19 Dec 2017

Expert Tips for Home Buyers and Investors in 2018

Media Release

Home buyers will need to look at renovations and value adding strategies to manufacture equity rather than wait for long-term capital growth as prices soften and flatline in several key Australian property markets in 2018, warns Australia’s largest professional body of buyer’s agents.

Property markets in Hobart and Brisbane are anticipated to remain buoyant into next year with keen interest from interstate buyers priced out of the Sydney and Melbourne markets.

Real Estate Buyers Agents Association of Australia (REBAA) president Rich Harvey said there would be more opportunities for home buyers and investors in several capital city markets in the New Year with less competition in the property market.

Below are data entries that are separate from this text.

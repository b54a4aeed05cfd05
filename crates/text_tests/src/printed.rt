//! Arrays as NumPy prints them, but for byte strings with a quote, a backslash, a tab or the end of
//! a line: those bytes are written with `\x` as other bytes that are not printable.
use crate::check::check;
use crate::made::{Array, Numbers, array_of, c_order_of};
use array_print::print_by_bands;
use elem_descr::Refusal;
use std::alloc::{AllocError, Global};
use std::process::Abort;

/// A descriptor as a script gives it, the lengths of the axes, the items one after another in C
/// order, and the text.
type Row = (&'static str, &'static [usize], &'static [u8], &'static str);

const SHAPES: &[Row] = &[
    ("|i1", &[], b"\x07", "7"),
    ("|i1", &[], b"\xf9", "-7"),
    ("|i1", &[0], b"", "[]"),
    ("|i1", &[2, 0, 3], b"", "[]"),
    ("|b1", &[0], b"", "[]"),
    ("T{b:x:}", &[3, 0], b"", "[]"),
    ("|i1", &[5], b"\0\0\x01\x02\x03", "[0 0 1 2 3]"),
    ("|i1", &[2], b"\x07\xf9", "[ 7 -7]"),
    ("|i1", &[2, 1], b"\x03\x06", "[[3]\n [6]]"),
    ("|i1", &[2, 3], b"\0\0\0\x07\0\0", "[[0 0 0]\n [7 0 0]]"),
    (
        "|i1",
        &[2, 1, 1, 2],
        b"\0\x01\x02\x03",
        "[[[[0 1]]]\n\n\n [[[2 3]]]]",
    ),
    ("|i1", &[2, 1, 1], b"\0\x01", "[[[0]]\n\n [[1]]]"),
    ("|i1", &[1, 1, 2], b"\0\x01", "[[[0 1]]]"),
    (
        "|i1",
        &[1, 2, 1, 3, 1],
        b"\0\x01\x02\x03\x04\x05",
        "[[[[[0]\n    [1]\n    [2]]]\n\n\n  [[[3]\n    [4]\n    [5]]]]]",
    ),
    (
        "|i1",
        &[2, 2, 2],
        b"\0\x01\x02\x03\x04\x05\x06\xf9",
        "[[[ 0  1]\n  [ 2  3]]\n\n [[ 4  5]\n  [ 6 -7]]]",
    ),
];

const BOOLS: &[Row] = &[
    ("|b1", &[3], b"\x01\0\x01", "[ True False  True]"),
    ("|b1", &[1], b"\x07", "[ True]"),
    ("|b1", &[2], b"\x01\x80", "[ True  True]"),
    ("|b1", &[], b"\x07", "True"),
    ("|b1", &[], b"\0", "False"),
    ("|b1", &[2, 1], b"\0\x01", "[[False]\n [ True]]"),
];

const INTEGERS: &[Row] = &[
    ("|u1", &[3], b"\xff\0\x2c", "[255   0  44]"),
    ("|u1", &[4], b"\x01\x02\xff\xfe", "[  1   2 255 254]"),
    ("|i1", &[4], b"\x01\x02\xff\xfe", "[ 1  2 -1 -2]"),
    (">i2", &[2], b"\x01\x02\xff\xfe", "[258  -2]"),
    ("<u2", &[2], b"\x01\x02\xff\xfe", "[  513 65279]"),
    (">i4", &[1], b"\x01\x02\xff\xfe", "[16973822]"),
    ("<u4", &[1], b"\x01\x02\xff\xfe", "[4278125057]"),
    (
        ">u8",
        &[],
        b"\xff\xff\xff\xff\xff\xff\xff\xff",
        "18446744073709551615",
    ),
    ("<i8", &[1], b"\0\0\0\0\0\0\0\x80", "[-9223372036854775808]"),
    (
        ">i8",
        &[2],
        b"\x80\0\0\0\0\0\0\0\0\0\0\0\0\0\0\x05",
        "[-9223372036854775808                    5]",
    ),
];

const BYTE_STRINGS: &[Row] = &[
    ("|S3", &[2], b"ab\0a\0c", "[b'ab' b'a\\x00c']"),
    ("|S2", &[2], b"\0\0\0x", "[b'' b'\\x00x']"),
    ("|S4", &[], b"'\\\xc8\"", "b'\\x27\\x5c\\xc8\"'"),
    ("|S4", &[1], b" ~\x1f\x7f", "[b' ~\\x1f\\x7f']"),
    (
        "|S4",
        &[2, 1],
        b"\t\n\0\0abcd",
        "[[b'\\x09\\x0a']\n [b'abcd']]",
    ),
];

const RECORDS: &[Row] = &[
    ("T{<i:x:>h:y:}", &[1], b"\0\0\0\0\x01\x02", "[(0, 258)]"),
    (
        "T{<b:x:3x<i:y:}",
        &[2],
        b"\0\x09\x09\x09\0\0\0\0\x05\x09\x09\x09\xff\xff\xff\xff",
        "[(0,  0) (5, -1)]",
    ),
    ("T{b:x:}", &[1], b"\x01", "[(1,)]"),
    ("T{b:x:}", &[2], b"\x01\xf6", "[(  1,) (-10,)]"),
    ("T{b:x:}", &[], b"\x05", "(5,)"),
    ("T{?:x:b:y:}", &[], b"\x01\x01", "(True, 1)"),
    (
        "T{?:x:b:y:}",
        &[2],
        b"\x01\x01\0\x02",
        "[( True, 1) (False, 2)]",
    ),
    (
        "T{2s:x:B:y:b:z:}",
        &[2],
        b"ab\x05\0a\0\x0c\xff",
        "[(b'ab',  5,  0) (b'a', 12, -1)]",
    ),
    (
        "T{B:x:B:y:}",
        &[2, 2],
        b"\x01\x02\x03\x64\x05\x06\x07\x08",
        "[[(1,   2) (3, 100)]\n [(5,   6) (7,   8)]]",
    ),
    (
        "T{B:a:B:b:B:c:B:d:B:e:B:f:B:g:B:h:B:i:}",
        &[2],
        b"\x01\x02\x03\x04\x05\x06\x07\x08\x09\x01\x02\x03\x04\x05\x06\x07\x08\x0a",
        "[(1, 2, 3, 4, 5, 6, 7, 8,  9) (1, 2, 3, 4, 5, 6, 7, 8, 10)]",
    ),
];

/// A layout, and the text of two-byte integers 0 to 5.
const VIEWS: &[(Numbers, &str)] = &[
    ((&[3], &[-4], 8), "[4 2 0]"),
    ((&[3, 2], &[2, 6], 0), "[[0 3]\n [1 4]\n [2 5]]"),
    ((&[2, 2], &[0, 2], 2), "[[1 2]\n [1 2]]"),
    ((&[], &[], 10), "5"),
];

fn print(
    rt: &impl Abort,
    alloc: Global,
    out: &mut Vec<u8>,
    array: &Array,
) -> Result<(), AllocError> {
    let Array {
        descr,
        layout,
        block,
    } = array;
    check(rt, layout.fits(1 << 28, 1), "within the limit");
    check(rt, layout.fits(block.len(), descr.size()), "within");
    let mut sent = Vec::new(alloc);
    print_by_bands(&mut sent, out, block.bytes(), layout, descr).map_err(|_| AllocError)?;
    check(rt, sent.is_empty(), "a short text is held");
    Ok(())
}

/// Appends an array to a text that stands already. Where memory runs out the text is as before, and
/// the array is printed again.
fn prints(rt: &impl Abort, alloc: Global, array: &Array, want: &str) -> Result<(), AllocError> {
    let mut out = Vec::from_slice(alloc, b"a = ")?;
    if print(rt, alloc, &mut out, array).is_err() {
        check(rt, out.as_slice() == b"a = ".as_slice(), want);
        print(rt, alloc, &mut out, array)?;
    }
    let text = out.strip_prefix(b"a = ".as_slice());
    check(rt, text == Some(want.as_bytes()), want);
    Ok(())
}

fn prints_row(rt: &impl Abort, alloc: Global, row: &Row) -> Result<(), Refusal> {
    let (descr, lengths, block, want) = *row;
    let array = c_order_of(rt, alloc, descr, lengths, block)?;
    prints(rt, alloc, &array, want)?;
    Ok(())
}

/// Rows that are printed, each once more where memory runs out before the text.
fn prints_rows(rt: &impl Abort, alloc: Global, rows: &[Row]) {
    for row in rows {
        let is_printed = prints_row(rt, alloc, row).is_ok() || prints_row(rt, alloc, row).is_ok();
        check(rt, is_printed, row.3);
    }
}

#[test]
fn shapes(rt: HostRuntime) {
    prints_rows(&rt, rt.alloc(), SHAPES)
}

#[test]
fn bools(rt: HostRuntime) {
    prints_rows(&rt, rt.alloc(), BOOLS)
}

#[test]
fn integers(rt: HostRuntime) {
    prints_rows(&rt, rt.alloc(), INTEGERS)
}

#[test]
fn byte_strings(rt: HostRuntime) {
    prints_rows(&rt, rt.alloc(), BYTE_STRINGS)
}

#[test]
fn records(rt: HostRuntime) {
    prints_rows(&rt, rt.alloc(), RECORDS)
}

fn prints_view(
    rt: &impl Abort,
    alloc: Global,
    numbers: Numbers,
    want: &str,
) -> Result<(), Refusal> {
    let block = b"\0\0\x01\0\x02\0\x03\0\x04\0\x05\0";
    let array = array_of(rt, alloc, "<i2", numbers, block)?;
    prints(rt, alloc, &array, want)?;
    Ok(())
}

#[test]
fn views(rt: HostRuntime) {
    for (numbers, want) in VIEWS {
        let is_printed = prints_view(&rt, rt.alloc(), *numbers, want).is_ok()
            || prints_view(&rt, rt.alloc(), *numbers, want).is_ok();
        check(&rt, is_printed, want);
    }
}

“2017 saw some dramatic changes in the market,” said Mr Harvey.

“The first quarter started strongly but we saw the Sydney market cool in the third and fourth quarters while Melbourne is also showing initial signs of cooling.

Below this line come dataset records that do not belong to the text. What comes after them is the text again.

//! Descriptors of scripts: type strings and format texts.
use crate::check::check;
use elem_descr::{Refusal, descr_read, format_write};
use std::alloc::Global;
use std::test::Fail;

/// Each text with the format text of what it means.
const READ: &[(&str, &str)] = &[
    ("<i4", "<i"),
    (">i2", ">h"),
    ("|b1", "<?"),
    ("i8", "<q"),
    ("|S5", "<5s"),
    ("=u4", "<I"),
    ("i", "<i"),
    (">h", ">h"),
    ("<5s", "<5s"),
    ("?", "<?"),
    ("T{b:x:i:y:}", "T{<b:x:3x<i:y:}"),
    ("T{<i:x:>h:y:}", "T{<i:x:>h:y:}"),
];

/// Each text with its refusal.
const REFUSED: &[(&str, Refusal)] = &[
    ("S", Refusal::DescriptorLeftOut),
    ("<S", Refusal::DescriptorLeftOut),
    ("S0", Refusal::DescriptorLeftOut),
    ("<f4", Refusal::DescriptorLeftOut),
    ("<i3", Refusal::BadDescriptor),
    ("|S65537", Refusal::TooLarge),
    ("<f", Refusal::DescriptorLeftOut),
    ("U", Refusal::BadDescriptor),
    ("", Refusal::BadDescriptor),
    ("hi", Refusal::DescriptorLeftOut),
];

/// The format text of what a descriptor of a script means.
fn meaning(alloc: Global, text: &str) -> Result<Vec<u8>, Refusal> {
    let descr = descr_read(alloc, text.as_bytes())?;
    let written = format_write(alloc, &descr)?;
    Ok(written)
}

#[test]
fn descriptors_of_scripts(rt: HostRuntime) -> Result<(), Fail> {
    for (text, written) in READ {
        let found = meaning(rt.alloc(), text)?;
        check(&rt, found.as_slice() == written.as_bytes(), text);
    }
    Ok(())
}

#[test]
fn refused_descriptors(rt: HostRuntime) {
    for (text, refusal) in REFUSED {
        let found = meaning(rt.alloc(), text).err();
        check(&rt, found == Some(*refusal), text);
    }
}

“Tasmania and Brisbane seem to have bucked the trend with price growth anticipated to continue well into 2018.”

According to Mr Harvey growing pressure on investment lending combined with tougher lending criteria, will see buying property much harder for investors than it was this time last year.

“In May the Federal budget announced sweeping changes to depreciation laws which impacted investors only allowing depreciation on brand new properties,” he said.

“Existing properties can still claim depreciation, but this will also deter investors trading.

“Investors are starting to take a breather as lending requirements continue to be tightly controlled by the Australian Prudential Regulation Authority.

“Low interest rates seem to have run their course and borrowers are now being more cautious sensing there could be a rise next year.

“Our advice is to be proactive, diligent and negotiate hard.

“Buyers need to ensure they understand the local growth drivers of supply and demand and that they are in the right price pocket for that particular location.

“A buyer’s agent can help analyse the data quickly using the best valuation tools available and guide buyers through the property maze with minimum stress.”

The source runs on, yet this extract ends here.